‘Any turmoil in crypto at present will destabilize the markets’

Atul Bhole, Senior Vice President of Investments at DSP Investment Managers believes that any turmoil in the crypto markets will invite volatility in the markets. He spoke with Mint on the need for crypto regulations, China’s Evergrande crisis, and why he is still bullish on equities despite the price valuation. Edited excerpt:

For a long time, there has been a possibility of a sharp fall in the markets. Could China’s Evergrande Crisis Be the Trigger?

It will be impossible to predict which event will lead to its correction and timing as the market continues to mount a wall of worries. While the Evergrande crisis may cause some growth slowdown in China, it may not cause any systemic issues given the Chinese government’s ability and track record of acting quickly.

The Central Bank’, particularly the US Fed, commentary and further action will be the most important events that will be watched eagerly by market participants to err on the side of caution.

The fixed asset allocation for DSP Flexi Cap Fund is 65-100% Equity. But, at present, the fund is around 97% equity. Do market conditions warrant a reduction in equity allocation?

Equities as an asset class are in a sweet spot, given the powerful macro-environment evolving globally, where growth is finally making a comeback with some degree of inflation.

Equities benefit from adequate liquidity and low interest rates as normalization of easy monetary policies is likely to be very gradual. In the case of India as well, all the drivers of the economy viz. Exports, infrastructure, real estate and finally consumption are up for fire.

How will the demand for a passive style of investing impact the mutual fund industry?

Passive investing has its merits in terms of index neutrality and low fees. Its ratio to Overall Asset Under Management (AUM) can definitely increase. But we see that growth in overall AUM will be strong enough in itself, and active investments are still making up a large part of that.
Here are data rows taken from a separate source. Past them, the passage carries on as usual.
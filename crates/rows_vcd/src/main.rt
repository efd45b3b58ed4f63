//! Rows on the dump of a design in which nothing is driven. A row has, parted by `|`, how it is written, the source, the unit of
//! times, the instances, each as `NAME` or `NAME.PARENT`, the signals, each as `NAME:INSTANCE:KIND:WIDTH` with `:LSB` where it has a
//! range and KIND being `n` for a net or `r` for a register, the opening as a time and values, and calls, parted by commas: `slot`
//! with a time and values, `written` with a time, values and behind `/` the numbers of the signals that were written, or `close`
//! with a time. It is answered with the text, behind the header where it is written by `dump` or `fails N`, in which the sink's N-th
//! call fails, and without it where it is written by `values`.
#![tactic(auto)]

mod calls;
mod parts;
mod row;

use std::io;

fn main(rt: HostRuntime) -> io::Result<()> {
    for line in rt.lines(rt.alloc()) {
        let answered = row::answered(rt.alloc(), line?.as_str())?;
        println!(rt; "{answered}")?;
    }
    Ok(())
}
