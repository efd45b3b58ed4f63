//! Parts that have to be constants, and the numbers that they stand for.
ghost use Rattle.std.specs.Prelude.{◌≡◌, ◌≤◌, ◌-◌, ◌&&◌, nat_le, nat_lt, IfOk};
ghost use Rattle.vod_operand.specs.Found.{Saw, SeesAs};
ghost use Rattle.vod_operand.specs.Operands.{Looked as Found, own};
ghost use Rattle.vod_width.specs.View.{allows, kept, IsNumbered};
ghost use Rattle.vod_width.specs.declared.limit.Limit.TheVariants as limits;

use crate::decls::{Vector, WordArray};
use crate::number::is_found;
use std::alloc::{AllocError, Global};
use vod_bits::Word;
use vod_operand::{Fault, Looked, both_hold, fit_own, natural, part_fault};

// What a constant part has to be.
#[derive(Clone, Copy)]
pub enum Limit {
    // Inside the range of a vector: whether it has one, its least index, and its width.
    Vector(bool, u16, u8),
    // Inside the range of a memory: its least index and its greatest.
    Ram(u16, u16),
    // Inside some range.
    SomeRange,
    // A count of at least 1.
    Count,
}

// A constant part: the number that it stands for, the same where it may be that, whether the part is constant, and its first fault.
#[derive(Clone, Copy)]
pub struct Numbered {
    pub natural: Option<Word>,
    pub number: Option<Word>,
    pub constant: bool,
    pub fault: Option<Fault>,
}

fn vector_limit(ranged: bool, lsb: u16, width: u8) -> Limit
    ensures limit { result ≡ limits.Vector ranged lsb width }
    ensures small { width ≤ 255 }
{
    Limit::Vector(ranged, lsb, width)
}

fn ram_limit(low: u16, high: u16) -> Limit
    ensures limit { result ≡ limits.Ram low high }
    ensures small { high ≤ 65535 }
{
    Limit::Ram(low, high)
}

// Inside the range of a vector.
pub(crate) fn in_vector(v: &Vector) -> Limit
    ensures limit { result ≡ limits.Vector v.now.ranged v.now.lsb v.now.width }
    ensures small { v.now.width ≤ 255 }
{
    vector_limit(v.ranged, v.lsb, v.width)
}

// Inside the range of a memory.
pub(crate) fn in_ram(m: &WordArray) -> Limit
    ensures limit { result ≡ limits.Ram m.now.low m.now.high }
    ensures small { m.now.high ≤ 65535 }
{
    ram_limit(m.low, m.high)
}

// Whether a number is so many above the least one, and below a count.
fn is_above(least: u16, count: u8, n: Word) -> bool
    ensures { result ≡ (nat_le least n && nat_lt (n - least) count) }
{
    match n.checked_sub(Word::from(least)) {
        Some(above) => above < Word::from(count),
        None => false,
    }
}

// Whether a part may be this number.
fn allows(limit: Limit, n: Word) -> bool
    ensures { result ≡ allows limit n }
{
    match limit {
        Limit::Vector(ranged, lsb, width) => both_hold(ranged, is_above(lsb, width, n)),
        Limit::Ram(low, high) => both_hold(Word::from(low) <= n, n <= Word::from(high)),
        Limit::SomeRange => n <= 65535,
        Limit::Count => 0 < n,
    }
}

// The number that a part may be.
fn kept(limit: Limit, n: Option<Word>) -> Option<Word>
    ensures { result ≡ kept (allows limit) n }
{
    match n {
        Some(n) => { if allows(limit, n) { Some(n) } else { None } }
        None => None,
    }
}

// What a part is that has to be a constant within a limit.
pub(crate) fn number_within(alloc: Global, limit: Limit, x: &Looked) -> Result<Numbered, AllocError>
    ensures { IfOk result (λ p. (y : Found) → SeesAs x.now y (own y) → IsNumbered (allows limit) p y) }
{
    let natural = natural(alloc, x)?;
    let number = kept(limit, natural);
    Ok(Numbered {
        natural,
        number,
        constant: x.constant,
        fault: part_fault(x, is_found(number)),
    })
}

// The same of a part that has no size as yet.
pub(crate) fn own_number_within(
    alloc: Global,
    limit: Limit,
    x: Looked,
) -> Result<Numbered, AllocError>
    ensures { IfOk result (λ p. (y : Found) → Saw x y → IsNumbered (allows limit) p y) }
{
    let x = fit_own(alloc, x)?;
    number_within(alloc, limit, &x)
}
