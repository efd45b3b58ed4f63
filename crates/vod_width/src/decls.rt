//! What the names of an instance stand for.
ghost use Rattle.std.specs.Prelude.{◌≡◌, ◌-◌, [], ◌∷◌, drop, length, OnOk, OnErr};
ghost use Rattle.std.specs.Option.{option_copied};
ghost use Rattle.vod_width.specs.Names.{declared, declaration};
ghost use Rattle.vod_width.specs.Tables.{place_in, declared_at};

use indexmap::IndexMap;
use std::alloc::{AllocError, Global};
use std::marker::Model;
use vod_design::{Locals, Named};

/// A net, a variable or a constant: what it is, its size and sign, the index of its lowest bit, and whether it has a range. A
/// constant has one, from its own or from 0 on (4.10.1).
#[derive(Clone, Copy)]
pub struct Vector {
    pub name: Named,
    pub width: u8,
    pub signed: bool,
    pub lsb: u16,
    pub ranged: bool,
}

/// A memory: its number, the size of its words, and its least and its greatest index (4.9).
#[derive(Clone, Copy)]
pub struct WordArray {
    pub number: u32,
    pub width: u8,
    pub low: u16,
    pub high: u16,
}

/// A function: its number, the size and sign of its result, and those of its inputs (10.4).
#[derive(Drop)]
pub struct Callee {
    pub number: u32,
    pub width: u8,
    pub signed: bool,
    pub inputs: Locals,
}

/// What a name is whose size, range or value couldn't be formed.
#[derive(Clone, Copy)]
pub enum Sort {
    /// A net or a variable.
    Net,
    Constant,
    Ram,
    Function,
}

/// What a name stands for.
#[derive(Drop)]
pub enum Declared {
    Vector(Vector),
    Ram(WordArray),
    Function(Callee),
    /// A name whose size, range or value couldn't be formed. It was refused where that stands, so nothing that hangs on it is refused
    /// again.
    Open(Sort),
}

// A declaration: the name, what it stands for, and the place of the declaration that it hides, counted from the first one.
#[derive(Drop)]
pub struct Entry<'s> {
    pub name: &'s [u8],
    pub declared: Declared,
    pub hidden: Option<usize>,
}

/// What names stand for, which contracts see as a list of pairs by name, the one that was added last first. The first of a name counts:
/// so an inner list of declarations, as that of a function, stands before an outer one, and is taken off again.
#[derive(Drop)]
pub struct Decls<'s> {
    entries: Vec<Entry<'s>>,
    latest: IndexMap<&'s [u8], Option<usize>>,
}

/// The constants of an instance so far.
pub type Params<'s> = Decls<'s>;

impl<'s> Model for Decls<'s> {
    ghost use Rattle.std.specs.Prelude.{List, ℕ};
    ghost use Rattle.vod_width.specs.declared.decls.Declared.{Declared};

    ghost Value = { List (List ℕ × Declared) };

    ghost use Rattle.vod_width.specs.Tables.{declarations, IsTable};

    ghost view = { λ d. declarations d.entries.items };

    ghost invariant = { λ d. IsTable d.latest.entries d.entries.items };
}

// Where the last declaration of a name stands.
fn place_of(latest: &IndexMap<&[u8], Option<usize>>, name: &[u8]) -> Option<usize>
    ensures { result ≡ place_in latest.now.entries name.now }
{
    match latest.get(name) {
        Some(place) => *place,
        None => None,
    }
}

// What an entry declares.
fn declared_at<'d>(entries: &'d [Entry<'_>], place: Option<usize>) -> Option<&'d Declared>
    ensures { option_copied result ≡ declared_at entries.now place }
{
    match place {
        Some(place) => match entries.get(place) {
            Some(entry) => Some(&entry.declared),
            None => None,
        },
        None => None,
    }
}

impl<'s> Decls<'s> {
    /// No names.
    pub fn new(alloc: Global) -> Decls<'s>
        ensures { result ≡ [] }
    {
        Decls {
            entries: Vec::new(alloc),
            latest: IndexMap::new(alloc),
        }
    }

    /// How many declarations there are.
    pub fn len(&self) -> usize
        ensures { result ≡ length self.now }
    {
        self.entries.len()
    }

    /// What a name stands for.
    pub fn get(&self, name: &[u8]) -> Option<&Declared>
        ensures { option_copied result ≡ declared self.now name.now }
    {
        declared_at(&self.entries, place_of(&self.latest, name))
    }

    /// Adds a declaration, which hides those of its name.
    pub fn add(&mut self, name: &'s [u8], declared: Declared) -> Result<(), AllocError>
        ensures ok { OnOk result (self.new ≡ declaration name.now declared ∷ self.old) }
        ensures err { OnErr result (self.new ≡ self.old) }
    {
        let place = self.entries.len();
        let hidden = place_of(&self.latest, name);
        self.entries.push(Entry {
            name,
            declared,
            hidden,
        })?;
        match self.latest.insert(name, Some(place)) {
            Ok(_) => Ok(()),
            Err(_) => {
                self.entries.pop();
                Err(AllocError)
            }
        }
    }

    /// Takes the last declaration off, so that its name stands for what it stood for before.
    pub fn remove_last(&mut self)
        ensures { self.new ≡ drop 1 self.old }
    {
        match self.entries.pop() {
            Some(entry) => match self.latest.insert(entry.name, entry.hidden) {
                Ok(_) => {}
                Err(_) => {}
            },
            None => {}
        }
    }

    /// Takes an inner list of declarations off: all but so many of those that were added first. It costs what it takes off.
    pub fn truncate(&mut self, count: usize)
        ensures { self.new ≡ drop (length self.old - count) self.old }
    {
        while self.len() > count {
            self.remove_last();
        }
    }
}
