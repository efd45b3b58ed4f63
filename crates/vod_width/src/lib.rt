//! Sizes, signs and constants (IEEE 1364-2005, 5.4 and 5.5): an expression of a source becomes one in which each part has the size
//! and the sign at which it is evaluated.
#![tactic(auto)]

mod decls;
mod expr;
mod left;
mod limit;
mod number;
mod parts;
mod select;
mod sizing;
pub mod types;

pub use decls::{Callee, Declared, Decls, Params, Sort, Vector, WordArray};
pub use left::{Parts, size_left};
pub use sizing::{constant, first_is_least, own, size, size_at};
pub use types::WidthFault;
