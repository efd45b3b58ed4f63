//! The calls of a writer, as a row writes them.
ghost use Rattle.std.specs.Prelude.{◌≡◌, IsTrue, IfOk, vec_len};

use crate::parts::cut;
use rows_written::covers;
use std::alloc::{AllocError, Global};
use vod_four::Four;
use vod_io::MemSink;
use vod_vcd::Writer;

/// The most signals of a row.
const MOST: usize = 16_384;

fn values(alloc: Global, words: &str) -> Result<Vec<Four>, AllocError> {
    let mut values = Vec::new(alloc);
    for word in words.split(' ') {
        if let Some(value) = rows_digits::value(word) {
            values.push(value)?;
        }
    }
    Ok(values)
}

fn numbers(alloc: Global, words: &str) -> Result<Vec<u32>, AllocError> {
    let mut numbers = Vec::new(alloc);
    for word in words.split(' ') {
        if let Ok(number) = word.parse() {
            numbers.push(number)?;
        }
    }
    Ok(numbers)
}

fn time(word: &str) -> u64 {
    word.parse().unwrap_or(0)
}

// A slot, and what is shown behind it.
fn slot(
    writer: &mut Writer,
    shown: &mut Vec<Four>,
    time: u64,
    values: &[Four],
    out: &mut MemSink,
) -> bool
    requires shown { writer.old.shown ≡ shown.old.items }
    requires size { writer.old.signals ≡ vec_len shown.old }
    ensures shown { IsTrue result → writer.new.shown ≡ shown.new.items }
    ensures size { IsTrue result → writer.new.signals ≡ vec_len shown.new }
{
    if values.len() != shown.len() {
        return false;
    }
    if writer.slot(time, values, out).is_err() {
        return false;
    }
    shown.copy_from_slice(values);
    true
}

// The same of a slot in which some signals were written.
fn slot_of(
    writer: &mut Writer,
    shown: &mut Vec<Four>,
    time: u64,
    values: &[Four],
    written: &[u32],
    out: &mut MemSink,
) -> bool
    requires shown { writer.old.shown ≡ shown.old.items }
    requires size { writer.old.signals ≡ vec_len shown.old }
    ensures shown { IsTrue result → writer.new.shown ≡ shown.new.items }
    ensures size { IsTrue result → writer.new.signals ≡ vec_len shown.new }
{
    if values.len() != shown.len() || values.len() > MOST {
        return false;
    }
    if !covers(written, shown, values) {
        return false;
    }
    if writer.slot_of(time, values, written, out).is_err() {
        return false;
    }
    shown.copy_from_slice(values);
    true
}

// Makes a call; false where it failed or isn't one.
fn call(
    alloc: Global,
    writer: &mut Writer,
    shown: &mut Vec<Four>,
    text: &str,
    out: &mut MemSink,
) -> Result<bool, AllocError>
    requires shown { writer.old.shown ≡ shown.old.items }
    requires size { writer.old.signals ≡ vec_len shown.old }
    ensures shown { IfOk result (λ fine. IsTrue fine → writer.new.shown ≡ shown.new.items) }
    ensures size { IfOk result (λ fine. IsTrue fine → writer.new.signals ≡ vec_len shown.new) }
{
    let (word, rest) = cut(text, ' ');
    let (at, rest) = cut(rest, ' ');
    let (given, written) = cut(rest, '/');
    let values = values(alloc, given)?;
    let written = numbers(alloc, written)?;
    let fine = match word {
        "slot" => slot(writer, shown, time(at), &values, out),
        "written" => slot_of(writer, shown, time(at), &values, &written, out),
        "close" => writer.close(time(at), out).is_ok(),
        "" => true,
        _ => false,
    };
    Ok(fine)
}

// Makes calls, up to one that failed or isn't one.
fn calls(
    alloc: Global,
    writer: &mut Writer,
    shown: &mut Vec<Four>,
    text: &str,
    out: &mut MemSink,
) -> Result<bool, AllocError>
    requires shown { writer.old.shown ≡ shown.old.items }
    requires size { writer.old.signals ≡ vec_len shown.old }
{
    for part in text.split(',') {
        if !call(alloc, writer, shown, part, out)? {
            return Ok(false);
        }
    }
    Ok(true)
}

/// Makes the opening and the calls behind it, up to one that failed or isn't one.
pub fn written(
    alloc: Global,
    writer: &mut Writer,
    signals: usize,
    opening: &str,
    text: &str,
    out: &mut MemSink,
) -> Result<bool, AllocError>
    requires { writer.old.signals ≡ signals }
{
    let (at, given) = cut(opening, ' ');
    let mut shown = values(alloc, given)?;
    if shown.len() != signals {
        return Ok(false);
    }
    if writer.opening(time(at), &shown, out).is_err() {
        return Ok(false);
    }
    calls(alloc, writer, &mut shown, text, out)
}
As we again enter a broad-based growth phase, active managers have the opportunity to generate alpha by leveraging their stock selection capability.

If a new investor is coming into the market 1 lakh in hand, what should be his strategy?

We would advise investors to stick to their asset allocation and keep investing in each asset class as an allocation plan instead of changing it according to market level. If the allocation pattern requires investment in equities, the investor can go for it in one go or through a Systematic Transfer Plan (STP) over the next three-six months.

It is very important to note that after such a breakneck rally, a repeat cannot be expected in the near term and investment needs to last more than five-seven years to expect good returns from these levels. it occurs.

Do you think that cryptocurrencies being regulated as an asset or commodity will have any impact on the mutual fund industry?

Any volatility in this category would invite volatility in the markets, given the wealth and scale attracted by cryptocurrencies over the past few years. All other assets could see some correction in the short term if the regulations lead to a massive drop in crypto values ​​and destruction of wealth.

But stock prices are underlying business unlike crypto and should see a bounceback soon with a change in allocation.

It would be better if governments and central banks start regulating cryptocurrencies as soon as possible before the bubble gets bigger.